The polynomial $L (x)$ is the desired Lagrange interpolating polynomial. To interpolate at any $x$ , just evaluate $L (x)$ .

Example

Given Points:

Let’s consider three points:

$A (- 1, 1), B (2, 3), C (3, 5) .$

We have $n = 2$ (since there are 3 points), and thus the polynomial $L (x)$ will be of degree at most 2.

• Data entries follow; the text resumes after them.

ghost use Rattle.std.specs.Prelude.{◌≡◌, ◌+◌, ◌*◌, ◌<◌};
ghost use Rattle.hk_core.specs.Step.{reference_size, reserved_fits};
ghost use Rattle.hk_core.specs.State.{idle};

use hk_words::{Call, Geometry, reference_nums, reference_refs};

/// The call of a seat in flight: its next place, and the values that it has read. A seat that has no call in flight
/// is idle: its flight has place 0, and every other field but the seat says nothing.
#[derive(Clone, Copy, Debug, PartialEq, Eq)]
pub struct Flight {
    pub seat: u8,
    pub call: Call,
    /// The next place of the call, from 1; 0 where the seat is idle.
    pub place: u8,
    /// The reference that the entered register held as the call began; 0 for a call that enters no object.
    pub entered: u64,
    /// The place of the entered object, found on entering.
    pub at: u32,
    /// W0 as the call loaded it, or, once a New has raised it, as the raise found it.
    pub word: u64,
    /// The value or the reference that was read. In Store and Move it is the reference of `from` from the start.
    pub item: u64,
    /// The call was the first to claim the object that `item` names.
    pub claimer: bool,
    /// The offset that the call reserved for that object.
    pub offset: u64,
    /// The number for the new object, from its list entry.
    pub number: u32,
    /// A New that found too few words left.
    pub full: bool,
    /// A New that has raised W0. One that found too few words before it raised W0 changes nothing more; one that
    /// found too few words in the raise has entered its frame and leaves it.
    pub raised: bool,
}

/// The words of the object that a reference names.
pub fn reference_size(reference: u64) -> u32
    ensures { result ≡ reference_size reference }
{
    1 + u32::from(reference_refs(reference)) + u32::from(reference_nums(reference))
}

/// What was reserved at an offset, for the object that a reference names, ends in the area for evacuation.
pub fn reserved_fits(g: &Geometry, offset: u64, reference: u64) -> bool
    ensures { result ≡ reserved_fits g.now offset reference }
{
    match offset.checked_add(u64::from(reference_size(reference))) {
        Some(end) => end <= u64::from(g.live()),
        None => false,
    }
}

impl Flight {
    /// The flight of a seat that has no call in flight.
    #[tactic(auto, unfolding(crate::specs::State::idle))]
    pub fn idle(seat: u8) -> Flight
        ensures { result ≡ idle seat }
    {
        Flight {
            seat,
            call: Call::Clear { dest: 0 },
            place: 0,
            entered: 0,
            at: 0,
            word: 0,
            item: 0,
            claimer: false,
            offset: 0,
            number: 0,
            full: false,
            raised: false,
        }
    }
}
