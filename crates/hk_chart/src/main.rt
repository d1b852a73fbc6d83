//! hk_chart: draws the trace of a run, which it reads from standard input, as one SVG. The exit status is the number of how it
//! ended.
#![tactic(auto)]

mod caption;
mod chart;
mod charted;
mod drawing;
mod laws;
mod lex;
mod picture;
mod progress;
mod reader;
mod reading;
mod shape;
mod span;
mod task;
#[cfg(test)]
mod tests;
mod text;
mod tool;
mod trace_line;
mod window;

use charted::Charted;
use hk_io::{StdSink, StdSource};
use std::alloc::AllocError;
use std::process::ExitCode;
use std::rt::Env;
use std::{env, io};
use tool::run_chart;

/// The words behind the program's name. Words that aren't Unicode are none that the program takes: they are answered
/// like a word that it doesn't know.
fn words(rt: &(impl Env + AllocGlobal)) -> Result<Vec<String>, AllocError> {
    match env::args(rt) {
        Ok(words) => words.skip(1).collect(rt.alloc()),
        Err(error) if error.kind() == io::ErrorKind::OutOfMemory => Err(AllocError),
        Err(_) => {
            let mut unknown = Vec::new(rt.alloc());
            unknown.push(String::new(rt.alloc()))?;
            Ok(unknown)
        }
    }
}

fn main(rt: HostRuntime) -> ExitCode {
    let mut source = StdSource::new(rt.reader());
    let mut sink = StdSink::new(io::writer(&rt));
    let charted = match words(&rt) {
        Ok(words) => run_chart(rt.alloc(), words.as_slice(), &mut source, &mut sink),
        Err(AllocError) => Charted::Memory,
    };
    ExitCode::from(charted.number())
}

Compute $P_{0} (x)$ for the point $A (- 1, 1)$ :

$P_{0} (x) = \frac{(x - x_{1}) (x - x_{2})}{(x_{0} - x_{1}) (x_{0} - x_{2})} = \frac{(x - 2) (x - 3)}{(- 1 - 2) (- 1 - 3)} = \frac{(x - 2) (x - 3)}{(- 3) (- 4)} = \frac{(x - 2) (x - 3)}{12} .$

Compute $P_{1} (x)$ for the point $B (2, 3)$ :

$P_{1} (x) = \frac{(x - x_{0}) (x - x_{2})}{(x_{1} - x_{0}) (x_{1} - x_{2})} = \frac{(x + 1) (x - 3)}{(2 + 1) (2 - 3)} = \frac{(x + 1) (x - 3)}{3 \cdot (- 1)} = - \frac{(x + 1) (x - 3)}{3} .$

Compute $P_{2} (x)$ for the point $C (3, 5)$ :

$P_{2} (x) = \frac{(x - x_{0}) (x - x_{1})}{(x_{2} - x_{0}) (x_{2} - x_{1})} = \frac{(x + 1) (x - 2)}{(3 + 1) (3 - 2)} = \frac{(x + 1) (x - 2)}{4} .$

Now, plug these into $L (x)$ :

$L (x) = y_{0} P_{0} (x) + y_{1} P_{1} (x) + y_{2} P_{2} (x)$

Substitute $(y_{0}, y_{1}, y_{2}) = (1, 3, 5)$ :

$L (x) = 1 \cdot \frac{(x - 2) (x - 3)}{12} + 3 \cdot (- \frac{(x + 1) (x - 3)}{3}) + 5 \cdot \frac{(x + 1) (x - 2)}{4} .$

This polynomial will exactly fit the three given points.

Advantages

I. Exact Fit:

The Lagrange interpolation polynomial passes through all given data points exactly. There is no approximation error at these nodes.

II. No Linear System Needed:

Unlike other polynomial interpolation techniques that require solving a system of equations, Lagrange interpolation provides a direct formula.

III. Simplicity of Form:

The formula for the interpolating polynomial is explicit and easy to implement.

IV. Flexibility:

Works for any set of points with distinct $x_{i}$ .

Limitations

I. Runge’s Phenomenon:

For a large number of interpolation points, Lagrange interpolation may cause oscillations between the points, especially if the points are unevenly spaced.

II. Recalculation for Added Points:

If a new point is added, the entire polynomial must be recomputed from scratch, unlike some other forms (e.g., Newton’s divided differences) that allow incremental updates more easily.

III. Computational Cost:

Evaluating Lagrange polynomials directly can be computationally intensive for large $n$ due to the product terms, though this can be mitigated with more efficient evaluation strategies.